▸ Work to be completed: Using the records below, write out again exactly the lines that begin at the line containing "let all = later.before(counts[0], caps[0], 0, runs);" and end at the line containing "IsSuitRow runs counts", and no other lines.

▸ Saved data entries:
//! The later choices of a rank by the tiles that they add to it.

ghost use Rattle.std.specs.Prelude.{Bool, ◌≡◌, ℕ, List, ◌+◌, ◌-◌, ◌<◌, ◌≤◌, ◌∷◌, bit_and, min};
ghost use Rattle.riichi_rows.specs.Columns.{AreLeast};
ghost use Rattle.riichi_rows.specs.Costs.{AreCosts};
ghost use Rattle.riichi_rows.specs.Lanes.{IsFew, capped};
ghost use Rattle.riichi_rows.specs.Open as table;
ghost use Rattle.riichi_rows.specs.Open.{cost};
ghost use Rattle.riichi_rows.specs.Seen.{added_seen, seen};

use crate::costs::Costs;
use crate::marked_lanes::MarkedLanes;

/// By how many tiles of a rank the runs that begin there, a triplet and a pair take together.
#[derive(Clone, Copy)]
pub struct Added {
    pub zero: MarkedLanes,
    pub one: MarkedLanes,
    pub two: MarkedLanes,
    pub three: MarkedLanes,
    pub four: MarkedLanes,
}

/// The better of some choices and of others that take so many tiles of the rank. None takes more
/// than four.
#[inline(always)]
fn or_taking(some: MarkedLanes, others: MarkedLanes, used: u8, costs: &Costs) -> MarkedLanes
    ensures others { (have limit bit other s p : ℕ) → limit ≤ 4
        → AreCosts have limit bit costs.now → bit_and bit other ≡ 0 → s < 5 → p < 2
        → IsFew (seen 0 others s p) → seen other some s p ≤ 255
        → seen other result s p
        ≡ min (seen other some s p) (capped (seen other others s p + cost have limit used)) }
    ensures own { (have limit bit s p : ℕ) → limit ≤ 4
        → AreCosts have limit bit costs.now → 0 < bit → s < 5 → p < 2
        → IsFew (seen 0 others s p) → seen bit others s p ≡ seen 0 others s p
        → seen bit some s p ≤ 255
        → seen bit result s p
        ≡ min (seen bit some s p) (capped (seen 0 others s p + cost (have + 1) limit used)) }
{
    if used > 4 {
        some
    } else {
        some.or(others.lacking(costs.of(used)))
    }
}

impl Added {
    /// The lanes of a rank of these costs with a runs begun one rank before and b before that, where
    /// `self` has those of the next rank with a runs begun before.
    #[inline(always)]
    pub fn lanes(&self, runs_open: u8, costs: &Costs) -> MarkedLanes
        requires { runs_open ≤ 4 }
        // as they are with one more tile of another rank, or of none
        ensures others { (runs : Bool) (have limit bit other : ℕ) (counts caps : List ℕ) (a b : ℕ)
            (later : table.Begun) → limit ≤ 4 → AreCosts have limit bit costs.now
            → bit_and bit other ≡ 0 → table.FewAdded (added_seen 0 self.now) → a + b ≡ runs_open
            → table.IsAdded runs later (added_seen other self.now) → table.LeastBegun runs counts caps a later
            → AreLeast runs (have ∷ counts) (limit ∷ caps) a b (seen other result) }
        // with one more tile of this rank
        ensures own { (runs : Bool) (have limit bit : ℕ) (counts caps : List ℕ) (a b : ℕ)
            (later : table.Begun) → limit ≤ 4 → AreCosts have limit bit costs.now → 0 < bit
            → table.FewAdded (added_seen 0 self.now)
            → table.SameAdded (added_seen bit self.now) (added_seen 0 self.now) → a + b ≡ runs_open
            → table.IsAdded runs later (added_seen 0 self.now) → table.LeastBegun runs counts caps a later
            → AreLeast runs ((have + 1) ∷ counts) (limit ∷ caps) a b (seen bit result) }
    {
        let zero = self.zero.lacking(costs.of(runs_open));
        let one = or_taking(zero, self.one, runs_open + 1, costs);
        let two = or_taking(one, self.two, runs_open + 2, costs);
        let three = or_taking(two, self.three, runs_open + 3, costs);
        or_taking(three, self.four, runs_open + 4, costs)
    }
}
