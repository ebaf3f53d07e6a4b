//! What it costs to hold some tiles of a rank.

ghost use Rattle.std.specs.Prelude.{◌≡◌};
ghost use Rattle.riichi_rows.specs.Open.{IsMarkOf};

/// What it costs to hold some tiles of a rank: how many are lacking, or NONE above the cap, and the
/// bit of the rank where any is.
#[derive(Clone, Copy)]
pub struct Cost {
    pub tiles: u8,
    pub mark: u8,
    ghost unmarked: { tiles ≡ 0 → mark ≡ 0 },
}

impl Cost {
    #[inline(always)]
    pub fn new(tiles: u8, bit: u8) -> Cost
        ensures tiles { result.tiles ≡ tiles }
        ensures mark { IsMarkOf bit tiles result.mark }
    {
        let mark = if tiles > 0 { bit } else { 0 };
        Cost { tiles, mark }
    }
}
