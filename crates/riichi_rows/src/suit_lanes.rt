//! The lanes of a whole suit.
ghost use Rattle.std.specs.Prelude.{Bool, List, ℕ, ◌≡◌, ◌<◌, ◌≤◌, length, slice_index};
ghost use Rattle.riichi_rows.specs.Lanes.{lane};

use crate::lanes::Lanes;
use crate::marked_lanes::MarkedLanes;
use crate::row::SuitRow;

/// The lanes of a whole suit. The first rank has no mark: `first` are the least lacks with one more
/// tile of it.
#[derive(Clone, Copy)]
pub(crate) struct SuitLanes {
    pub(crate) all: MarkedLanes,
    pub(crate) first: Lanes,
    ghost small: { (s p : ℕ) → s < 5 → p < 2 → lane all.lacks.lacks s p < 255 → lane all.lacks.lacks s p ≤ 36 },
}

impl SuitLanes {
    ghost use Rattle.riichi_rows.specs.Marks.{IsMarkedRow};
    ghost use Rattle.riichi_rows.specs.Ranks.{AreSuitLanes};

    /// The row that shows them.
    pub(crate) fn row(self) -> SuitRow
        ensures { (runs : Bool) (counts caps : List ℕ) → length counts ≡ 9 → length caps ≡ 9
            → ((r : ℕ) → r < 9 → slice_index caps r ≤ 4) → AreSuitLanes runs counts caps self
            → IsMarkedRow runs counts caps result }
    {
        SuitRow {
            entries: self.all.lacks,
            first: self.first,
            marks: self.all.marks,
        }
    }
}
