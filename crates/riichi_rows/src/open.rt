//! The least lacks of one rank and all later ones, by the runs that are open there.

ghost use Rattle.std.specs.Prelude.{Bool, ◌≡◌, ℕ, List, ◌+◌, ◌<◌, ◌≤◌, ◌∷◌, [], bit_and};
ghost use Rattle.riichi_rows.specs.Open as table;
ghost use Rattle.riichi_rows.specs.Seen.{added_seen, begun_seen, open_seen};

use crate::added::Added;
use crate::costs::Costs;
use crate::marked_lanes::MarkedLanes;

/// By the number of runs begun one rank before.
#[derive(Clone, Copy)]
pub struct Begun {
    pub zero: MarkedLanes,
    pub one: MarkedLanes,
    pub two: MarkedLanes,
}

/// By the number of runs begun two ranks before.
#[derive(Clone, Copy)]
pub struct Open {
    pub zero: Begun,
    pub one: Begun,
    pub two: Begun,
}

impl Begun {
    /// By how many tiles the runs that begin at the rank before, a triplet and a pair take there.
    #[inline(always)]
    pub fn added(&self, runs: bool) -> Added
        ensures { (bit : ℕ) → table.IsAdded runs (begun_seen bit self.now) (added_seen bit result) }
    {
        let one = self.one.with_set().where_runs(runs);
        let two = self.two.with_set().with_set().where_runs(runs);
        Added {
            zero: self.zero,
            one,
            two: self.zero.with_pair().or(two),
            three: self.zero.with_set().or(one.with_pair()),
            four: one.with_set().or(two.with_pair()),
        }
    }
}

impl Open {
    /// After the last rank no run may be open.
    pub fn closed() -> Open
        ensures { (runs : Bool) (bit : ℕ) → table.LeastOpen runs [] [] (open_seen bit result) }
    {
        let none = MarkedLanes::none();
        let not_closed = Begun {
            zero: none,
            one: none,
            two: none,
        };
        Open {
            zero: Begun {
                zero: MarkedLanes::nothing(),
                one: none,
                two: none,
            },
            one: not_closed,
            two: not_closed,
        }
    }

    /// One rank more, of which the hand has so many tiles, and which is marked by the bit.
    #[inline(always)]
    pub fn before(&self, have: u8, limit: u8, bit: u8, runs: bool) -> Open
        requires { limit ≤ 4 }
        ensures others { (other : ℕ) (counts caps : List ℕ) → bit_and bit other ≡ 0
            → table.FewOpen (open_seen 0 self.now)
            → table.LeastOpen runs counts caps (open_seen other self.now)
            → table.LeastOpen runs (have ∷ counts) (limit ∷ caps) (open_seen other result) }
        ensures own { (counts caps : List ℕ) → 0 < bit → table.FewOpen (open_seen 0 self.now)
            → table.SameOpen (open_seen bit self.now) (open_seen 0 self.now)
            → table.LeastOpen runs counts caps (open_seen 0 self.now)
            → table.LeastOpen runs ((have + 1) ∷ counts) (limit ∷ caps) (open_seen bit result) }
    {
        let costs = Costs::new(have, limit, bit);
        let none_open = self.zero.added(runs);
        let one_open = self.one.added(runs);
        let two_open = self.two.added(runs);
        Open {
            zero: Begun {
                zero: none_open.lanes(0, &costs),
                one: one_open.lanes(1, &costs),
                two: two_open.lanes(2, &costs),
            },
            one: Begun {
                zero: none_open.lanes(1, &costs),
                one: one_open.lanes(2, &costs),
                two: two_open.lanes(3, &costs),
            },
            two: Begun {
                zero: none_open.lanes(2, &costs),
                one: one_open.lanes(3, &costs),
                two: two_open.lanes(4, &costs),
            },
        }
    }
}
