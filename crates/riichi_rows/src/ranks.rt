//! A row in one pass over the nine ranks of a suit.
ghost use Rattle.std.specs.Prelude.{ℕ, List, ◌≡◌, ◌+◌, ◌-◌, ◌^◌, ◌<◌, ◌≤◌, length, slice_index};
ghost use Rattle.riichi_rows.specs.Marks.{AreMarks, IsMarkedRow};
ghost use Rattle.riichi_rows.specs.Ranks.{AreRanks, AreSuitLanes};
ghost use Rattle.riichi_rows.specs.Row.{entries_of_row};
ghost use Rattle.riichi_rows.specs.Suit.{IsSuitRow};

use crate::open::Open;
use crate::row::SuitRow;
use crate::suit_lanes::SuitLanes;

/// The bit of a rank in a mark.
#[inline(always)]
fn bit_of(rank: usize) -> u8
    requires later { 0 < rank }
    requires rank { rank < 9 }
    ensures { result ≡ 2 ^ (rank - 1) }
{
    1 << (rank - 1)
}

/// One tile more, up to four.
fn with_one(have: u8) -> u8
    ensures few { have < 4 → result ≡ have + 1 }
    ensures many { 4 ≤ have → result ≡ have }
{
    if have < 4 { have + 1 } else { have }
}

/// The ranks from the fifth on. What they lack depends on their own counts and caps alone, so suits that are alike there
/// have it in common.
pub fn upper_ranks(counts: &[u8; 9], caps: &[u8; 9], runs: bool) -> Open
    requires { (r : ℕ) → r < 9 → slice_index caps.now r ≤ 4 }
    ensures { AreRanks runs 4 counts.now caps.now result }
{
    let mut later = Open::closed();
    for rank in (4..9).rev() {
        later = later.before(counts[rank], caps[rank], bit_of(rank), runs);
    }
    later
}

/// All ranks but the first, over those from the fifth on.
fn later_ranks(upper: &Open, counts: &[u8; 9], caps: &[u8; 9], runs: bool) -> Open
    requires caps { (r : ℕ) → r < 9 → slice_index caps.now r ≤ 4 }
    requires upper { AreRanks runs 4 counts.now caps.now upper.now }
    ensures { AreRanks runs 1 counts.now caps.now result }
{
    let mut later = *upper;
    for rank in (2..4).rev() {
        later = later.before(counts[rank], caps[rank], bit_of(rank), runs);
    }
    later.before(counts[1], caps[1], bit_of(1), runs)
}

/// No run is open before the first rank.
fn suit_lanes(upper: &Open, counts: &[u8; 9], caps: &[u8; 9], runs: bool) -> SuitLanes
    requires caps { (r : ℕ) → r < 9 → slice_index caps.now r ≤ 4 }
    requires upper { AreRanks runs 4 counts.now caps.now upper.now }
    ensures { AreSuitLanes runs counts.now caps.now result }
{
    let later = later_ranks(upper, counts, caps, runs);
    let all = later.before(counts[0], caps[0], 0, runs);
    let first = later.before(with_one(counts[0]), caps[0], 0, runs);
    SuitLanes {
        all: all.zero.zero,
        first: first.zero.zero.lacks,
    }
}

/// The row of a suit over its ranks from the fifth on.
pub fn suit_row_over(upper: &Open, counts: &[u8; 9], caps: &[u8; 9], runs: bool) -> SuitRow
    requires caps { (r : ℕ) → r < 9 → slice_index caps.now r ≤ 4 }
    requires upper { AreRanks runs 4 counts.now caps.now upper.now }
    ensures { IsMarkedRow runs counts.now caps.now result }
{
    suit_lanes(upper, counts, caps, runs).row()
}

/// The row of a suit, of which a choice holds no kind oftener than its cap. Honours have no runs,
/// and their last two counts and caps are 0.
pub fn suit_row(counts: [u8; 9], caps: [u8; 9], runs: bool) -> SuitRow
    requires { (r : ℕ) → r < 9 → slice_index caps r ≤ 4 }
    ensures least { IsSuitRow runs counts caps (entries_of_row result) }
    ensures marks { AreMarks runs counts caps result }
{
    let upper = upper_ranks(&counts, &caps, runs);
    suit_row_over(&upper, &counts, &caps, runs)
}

--

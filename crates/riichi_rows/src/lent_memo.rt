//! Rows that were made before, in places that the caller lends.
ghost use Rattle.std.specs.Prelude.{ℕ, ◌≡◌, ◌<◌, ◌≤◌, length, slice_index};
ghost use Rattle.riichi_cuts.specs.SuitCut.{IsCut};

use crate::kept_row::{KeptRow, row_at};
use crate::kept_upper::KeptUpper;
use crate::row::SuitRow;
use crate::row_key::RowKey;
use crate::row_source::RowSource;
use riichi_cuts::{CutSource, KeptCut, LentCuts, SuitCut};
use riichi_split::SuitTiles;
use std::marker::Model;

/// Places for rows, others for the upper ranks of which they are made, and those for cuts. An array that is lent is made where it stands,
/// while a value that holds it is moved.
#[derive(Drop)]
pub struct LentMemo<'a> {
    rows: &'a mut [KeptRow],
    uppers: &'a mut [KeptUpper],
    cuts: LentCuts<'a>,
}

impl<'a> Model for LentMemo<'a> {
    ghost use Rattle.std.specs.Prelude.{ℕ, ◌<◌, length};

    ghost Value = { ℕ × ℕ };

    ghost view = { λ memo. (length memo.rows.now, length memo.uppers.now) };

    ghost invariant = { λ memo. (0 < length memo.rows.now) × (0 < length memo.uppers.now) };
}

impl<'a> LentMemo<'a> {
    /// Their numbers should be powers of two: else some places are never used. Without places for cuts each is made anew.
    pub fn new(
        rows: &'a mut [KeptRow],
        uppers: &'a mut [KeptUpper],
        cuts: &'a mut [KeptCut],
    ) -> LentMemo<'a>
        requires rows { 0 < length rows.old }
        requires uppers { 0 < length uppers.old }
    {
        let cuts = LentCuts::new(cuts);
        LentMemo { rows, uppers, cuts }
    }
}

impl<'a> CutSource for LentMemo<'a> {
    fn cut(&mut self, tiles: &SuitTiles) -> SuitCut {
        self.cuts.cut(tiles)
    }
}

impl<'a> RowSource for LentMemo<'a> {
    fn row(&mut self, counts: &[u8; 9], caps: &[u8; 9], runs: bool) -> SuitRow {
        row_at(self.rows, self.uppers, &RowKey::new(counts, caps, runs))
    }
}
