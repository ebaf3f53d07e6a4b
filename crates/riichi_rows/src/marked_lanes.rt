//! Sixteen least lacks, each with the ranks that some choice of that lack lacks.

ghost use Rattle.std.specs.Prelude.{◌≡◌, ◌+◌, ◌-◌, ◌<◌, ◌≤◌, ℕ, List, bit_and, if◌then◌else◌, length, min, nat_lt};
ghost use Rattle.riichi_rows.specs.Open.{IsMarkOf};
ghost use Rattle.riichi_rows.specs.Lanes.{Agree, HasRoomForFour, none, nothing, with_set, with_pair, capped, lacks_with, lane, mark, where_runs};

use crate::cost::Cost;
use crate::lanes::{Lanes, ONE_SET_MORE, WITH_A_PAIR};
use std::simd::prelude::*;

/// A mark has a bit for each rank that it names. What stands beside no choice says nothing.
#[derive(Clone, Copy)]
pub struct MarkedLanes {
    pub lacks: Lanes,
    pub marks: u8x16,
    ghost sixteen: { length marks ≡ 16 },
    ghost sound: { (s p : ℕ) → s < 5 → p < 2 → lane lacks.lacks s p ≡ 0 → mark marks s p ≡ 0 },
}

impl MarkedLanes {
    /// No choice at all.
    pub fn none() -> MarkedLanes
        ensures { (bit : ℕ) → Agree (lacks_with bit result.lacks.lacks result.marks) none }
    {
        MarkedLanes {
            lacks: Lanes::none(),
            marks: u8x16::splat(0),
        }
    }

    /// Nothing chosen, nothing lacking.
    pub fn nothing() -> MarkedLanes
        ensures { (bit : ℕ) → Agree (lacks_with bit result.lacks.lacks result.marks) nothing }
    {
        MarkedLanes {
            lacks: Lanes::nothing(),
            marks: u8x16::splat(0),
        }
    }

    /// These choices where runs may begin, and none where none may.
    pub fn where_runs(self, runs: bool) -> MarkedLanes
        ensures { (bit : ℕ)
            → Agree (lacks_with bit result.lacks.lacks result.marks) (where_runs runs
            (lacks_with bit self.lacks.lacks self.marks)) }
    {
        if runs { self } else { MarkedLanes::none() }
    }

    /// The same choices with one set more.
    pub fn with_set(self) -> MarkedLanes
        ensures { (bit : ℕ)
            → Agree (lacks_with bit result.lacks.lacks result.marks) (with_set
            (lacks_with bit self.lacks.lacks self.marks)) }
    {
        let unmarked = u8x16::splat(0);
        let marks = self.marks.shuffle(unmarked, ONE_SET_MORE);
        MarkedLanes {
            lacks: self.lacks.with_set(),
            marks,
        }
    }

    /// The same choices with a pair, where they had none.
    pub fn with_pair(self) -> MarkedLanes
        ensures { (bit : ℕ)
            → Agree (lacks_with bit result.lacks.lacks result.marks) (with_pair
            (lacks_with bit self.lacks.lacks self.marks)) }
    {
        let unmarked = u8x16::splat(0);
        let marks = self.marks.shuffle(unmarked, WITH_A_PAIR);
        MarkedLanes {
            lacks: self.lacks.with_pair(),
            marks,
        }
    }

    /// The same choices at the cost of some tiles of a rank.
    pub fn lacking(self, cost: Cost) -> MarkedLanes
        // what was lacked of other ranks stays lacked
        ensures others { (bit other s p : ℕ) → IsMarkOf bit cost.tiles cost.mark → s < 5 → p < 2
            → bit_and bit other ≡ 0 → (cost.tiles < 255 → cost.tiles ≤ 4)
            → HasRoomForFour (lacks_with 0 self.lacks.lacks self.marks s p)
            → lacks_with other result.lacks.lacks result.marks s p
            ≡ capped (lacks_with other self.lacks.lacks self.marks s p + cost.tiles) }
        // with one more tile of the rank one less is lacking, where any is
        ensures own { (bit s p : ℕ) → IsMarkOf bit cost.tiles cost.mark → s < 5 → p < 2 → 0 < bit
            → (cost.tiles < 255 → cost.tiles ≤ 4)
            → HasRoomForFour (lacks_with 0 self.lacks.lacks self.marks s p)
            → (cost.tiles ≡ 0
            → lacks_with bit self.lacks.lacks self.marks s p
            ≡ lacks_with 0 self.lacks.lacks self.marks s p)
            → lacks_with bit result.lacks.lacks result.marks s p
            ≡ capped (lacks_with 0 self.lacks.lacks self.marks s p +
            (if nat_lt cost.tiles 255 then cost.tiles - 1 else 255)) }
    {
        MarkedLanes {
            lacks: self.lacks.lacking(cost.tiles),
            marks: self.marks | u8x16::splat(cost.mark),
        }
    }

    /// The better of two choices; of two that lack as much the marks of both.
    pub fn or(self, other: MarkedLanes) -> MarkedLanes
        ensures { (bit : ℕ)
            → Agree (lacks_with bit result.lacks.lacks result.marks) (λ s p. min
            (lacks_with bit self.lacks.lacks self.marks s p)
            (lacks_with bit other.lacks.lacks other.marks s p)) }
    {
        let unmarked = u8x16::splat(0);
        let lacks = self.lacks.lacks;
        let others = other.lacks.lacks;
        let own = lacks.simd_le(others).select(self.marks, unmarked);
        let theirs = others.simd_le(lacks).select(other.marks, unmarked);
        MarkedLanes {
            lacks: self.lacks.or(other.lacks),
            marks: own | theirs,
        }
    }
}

▸ Answer area:
    let all = later.before(counts[0], caps[0], 0, runs);
    let first = later.before(with_one(counts[0]), caps[0], 0, runs);
    SuitLanes {
        all: all.zero.zero,
        first: first.zero.zero.lacks,
    }
}

/// The row of a suit over its ranks from the fifth on.
pub fn suit_row_over(upper: &Open, counts: &[u8; 9], caps: &[u8; 9], runs: bool) -> SuitRow
    requires caps { (r : ℕ) → r < 9 → slice_index caps.now r ≤ 4 }
    requires upper { AreRanks runs 4 counts.now caps.now upper.now }
    ensures { IsMarkedRow runs counts.now caps.now result }
{
    suit_lanes(upper, counts, caps, runs).row()
}

/// The row of a suit, of which a choice holds no kind oftener than its cap. Honours have no runs,
/// and their last two counts and caps are 0.
pub fn suit_row(counts: [u8; 9], caps: [u8; 9], runs: bool) -> SuitRow
    requires { (r : ℕ) → r < 9 → slice_index caps r ≤ 4 }
    ensures least { IsSuitRow runs counts caps (entries_of_row result) }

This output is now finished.